Failover and migrate Validator Nodes for less downtime
Why we need to migrate
Even if it is not due to the service provider’s policy, we need to migrate our validator nodes sometime for
Validator node failover. e.g. Hardware failure or network outage
Necessary maintenance reboot. e.g. Apply security fixes for the kernel
Scale the node. e.g.

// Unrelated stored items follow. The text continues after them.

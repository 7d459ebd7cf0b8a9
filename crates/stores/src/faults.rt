// Why a store refuses.
ghost use Rattle.std.specs.Prelude.{◌≡◌};
ghost use Rattle.stores.specs.Numbers.{store_refusal};

use vocabulary::{Layer, Refusal};

#[derive(Clone, Copy, PartialEq, Eq)]
pub enum StoreFault {
    // The slot is empty: nothing can be asked, written or ejected.
    NoCard,
    // A card is in: no other can be loaded.
    SlotFull,
}

// The number, the layer and the octet that the host is told: the same for both.
impl From<StoreFault> for Refusal {
    ghost from_gives = { λ fault refusal. refusal ≡ store_refusal fault };

    fn from(fault: StoreFault) -> Refusal {
        match fault {
            StoreFault::NoCard | StoreFault::SlotFull => Refusal {
                number: 3,
                layer: Layer::Store,
                octet: 0,
            },
        }
    }
}
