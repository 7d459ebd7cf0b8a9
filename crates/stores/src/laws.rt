// What the contracts of stores come to, on one contract.
ghost use Rattle.stores.specs.Laws.{SlotLaws};

// That a refusal changes nothing, and that what was loaded or written is what is answered; the answer itself says nothing.
pub fn slot_laws_hold() -> bool
    ensures laws { SlotLaws }
{
    true
}
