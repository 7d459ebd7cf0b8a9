// The interface of a card store. Its meaning is a slot, which is empty or holds a card.
ghost use Rattle.std.specs.Prelude.{◌≡◌, None};
ghost use Rattle.std.specs.Option.{is_some};
ghost use Rattle.stores.specs.Slots.{Slot, asked, loading, loaded, needing, written, put_imsi, put_packet, put_circuit, put_forbidden};

use crate::StoreFault;
use card::{Card, PacketRecord, Record};
use identities::Imsi;
use lists::PlmnBar;
use vocabulary::Lai;

// A store that can be asked. A question changes nothing; all but the first are refused exactly if there is no card.
pub trait CardReader {
    ghost slot: { Self → Slot };

    fn has_card(&self) -> bool
        ensures answer { result ≡ is_some (slot self.now) };

    fn imsi(&self) -> Result<Imsi, StoreFault>
        ensures answer { result ≡ asked (λ c. c.imsi) (slot self.now) };

    fn packet(&self) -> Result<PacketRecord, StoreFault>
        ensures answer { result ≡ asked (λ c. c.packet) (slot self.now) };

    fn circuit(&self) -> Result<Record<Lai>, StoreFault>
        ensures answer { result ≡ asked (λ c. c.circuit) (slot self.now) };

    fn forbidden(&self) -> Result<PlmnBar, StoreFault>
        ensures answer { result ≡ asked (λ c. c.forbidden) (slot self.now) };
}

// A store that can be written, too. Loading is refused exactly if there is a card, the other calls exactly if there is none;
// a refusal changes nothing. What was loaded or written is what every later question answers.
pub trait CardStore: CardReader {
    fn load(&mut self, card: Card) -> Result<(), StoreFault>
        ensures answer { result ≡ loading (Self.CardReader.slot self.old) }
        ensures after { Self.CardReader.slot self.new ≡ loaded card (Self.CardReader.slot self.old) };

    fn eject(&mut self) -> Result<(), StoreFault>
        ensures answer { result ≡ needing (Self.CardReader.slot self.old) }
        ensures after { Self.CardReader.slot self.new ≡ None };

    fn write_imsi(&mut self, part: Imsi) -> Result<(), StoreFault>
        ensures answer { result ≡ needing (Self.CardReader.slot self.old) }
        ensures after { Self.CardReader.slot self.new ≡ written (put_imsi part) (Self.CardReader.slot self.old) };

    fn write_packet(&mut self, part: PacketRecord) -> Result<(), StoreFault>
        ensures answer { result ≡ needing (Self.CardReader.slot self.old) }
        ensures after { Self.CardReader.slot self.new ≡ written (put_packet part) (Self.CardReader.slot self.old) };

    fn write_circuit(&mut self, part: Record<Lai>) -> Result<(), StoreFault>
        ensures answer { result ≡ needing (Self.CardReader.slot self.old) }
        ensures after { Self.CardReader.slot self.new ≡ written (put_circuit part) (Self.CardReader.slot self.old) };

    fn write_forbidden(&mut self, part: PlmnBar) -> Result<(), StoreFault>
        ensures answer { result ≡ needing (Self.CardReader.slot self.old) }
        ensures after { Self.CardReader.slot self.new ≡ written (put_forbidden part) (Self.CardReader.slot self.old) };
}
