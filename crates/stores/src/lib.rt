// Where a card is kept: the interface of a store, the plain store, the store over an image, and what is done with any.
#![tactic(auto)]

mod copying;
mod faults;
mod image;
mod laws;
mod plain;
mod steps;
mod stores;
mod trays;

pub use copying::{copy_card, whole_card};
pub use faults::StoreFault;
pub use image::ImageStore;
pub use laws::slot_laws_hold;
pub use plain::PlainStore;
pub use steps::{Step, take_step};
pub use stores::{CardReader, CardStore};
pub use trays::Tray;
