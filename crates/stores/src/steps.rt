// One step of a card's day, on any store.
ghost use Rattle.std.specs.Prelude.{◌≡◌};
ghost use Rattle.stores.specs.Slots.{needing};
ghost use Rattle.stores.specs.Steps.{Relisted, step_answer, step_after};

use crate::{CardReader, CardStore, StoreFault};
use card::{Card, PacketRecord, Record};
use identities::Imsi;
use lists::PlmnBar;
use vocabulary::{Lai, Plmn};

// A value and no closure, since a line of text gives it and a host may keep it.
#[derive(Clone, Copy)]
pub enum Step {
    Load(Card),
    Eject,
    WriteImsi(Imsi),
    WritePacket(PacketRecord),
    WriteCircuit(Record<Lai>),
    WriteForbidden(PlmnBar),
    // One network more on the list of the card.
    Forbid(Plmn),
    // One network less there.
    Permit(Plmn),
}

// Makes another list of the forbidden networks of the card.
fn relist<S: CardStore, F: FnOnce(PlmnBar) -> PlmnBar>(
    store: &mut S,
    change: F,
) -> Result<(), StoreFault>
    requires { F.IsAlwaysCallable change }
    ensures answer { result ≡ needing (S.CardReader.slot store.old) }
    ensures after { Relisted (F.post change) (S.CardReader.slot store.old) (S.CardReader.slot store.new) }
{
    let list = store.forbidden()?;
    store.write_forbidden(change(list))
}

// Takes a step on a store; a refused one changes nothing.
pub fn take_step<S: CardStore>(store: &mut S, step: &Step) -> Result<(), StoreFault>
    ensures answer { result ≡ step_answer step.now (S.CardReader.slot store.old) }
    ensures after { S.CardReader.slot store.new ≡ step_after step.now (S.CardReader.slot store.old) }
{
    match step {
        Step::Load(card) => store.load(*card),
        Step::Eject => store.eject(),
        Step::WriteImsi(part) => store.write_imsi(*part),
        Step::WritePacket(part) => store.write_packet(*part),
        Step::WriteCircuit(part) => store.write_circuit(*part),
        Step::WriteForbidden(part) => store.write_forbidden(*part),
        Step::Forbid(plmn) => relist(store, |mut list| {
            list.add(*plmn);
            list
        }),
        Step::Permit(plmn) => relist(store, |mut list| {
            list.remove(*plmn);
            list
        }),
    }
}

Larger storage or more CPU to meet new hardware requirements
The most feasible method
As a community node operator, we run a validator node and a VFN(validator full node).
The data is actually almost the same for two nodes, the VFN is missing the consensus_db and secure-data.json but there is is no issue when converting it into a validator node.
The file structure of docker volume is as follows
ubuntu@validator /var/lib/docker/volumes # tree -L 4 . ├── aptos-validator │ └── _data │ ├── db │ │ ├── consensus_db │ │ ├── ledger_db │ │ ├── state_merkle_db │ │ └── state_sync_db │ └── secure-data.json ├── backingFsBlockDev └── metadata.db
ubuntu@VFN /var/lib/docker/volumes # tree -L 4 . ├── aptos-fullnode │ └── _data │ └── db │ ├── ledger_db │ ├── state_merkle_db │ └── state_sync_db ├── backingFsBlockDev └── metadata.db
If we want to achieve fast migrate, of course we have to put the validator node files on the VFN and vice versa. The configuration files on my validator node and VFN are shown below
ubuntu@validator ~/mainnet-vn $ tree . ├── blocked.ips ├── docker-compose-fullnode.yaml #extra file ├── docker-compose.yaml ├── fullnode.yaml #extra file ├── genesis.blob ├── haproxy.cfg ├── haproxy-fullnode.cfg #extra file ├── keys │ ├── validator-full-node-identity.yaml #extra file │ └── validator-identity.yaml ├── validator.yaml └── waypoint.txt
ubuntu@VFN ~/mainnet-fn $ tree . ├── blocked.ips ├── docker-compose-validator.yaml #extra file ├── docker-compose.yaml ├── fullnode.yaml ├── genesis.blob ├── haproxy.cfg #extra file ├── haproxy-fullnode.cfg ├── keys │ ├── validator-full-node-identity.yaml │ └── validator-identity.yaml #extra file ├── validator.yaml #extra file └── waypoint.txt
Where the docker-compose-validator.yaml file we can copy from the validator node then modify the volume name from aptos-validator to aptos-fullnode in 3 places and vice versa.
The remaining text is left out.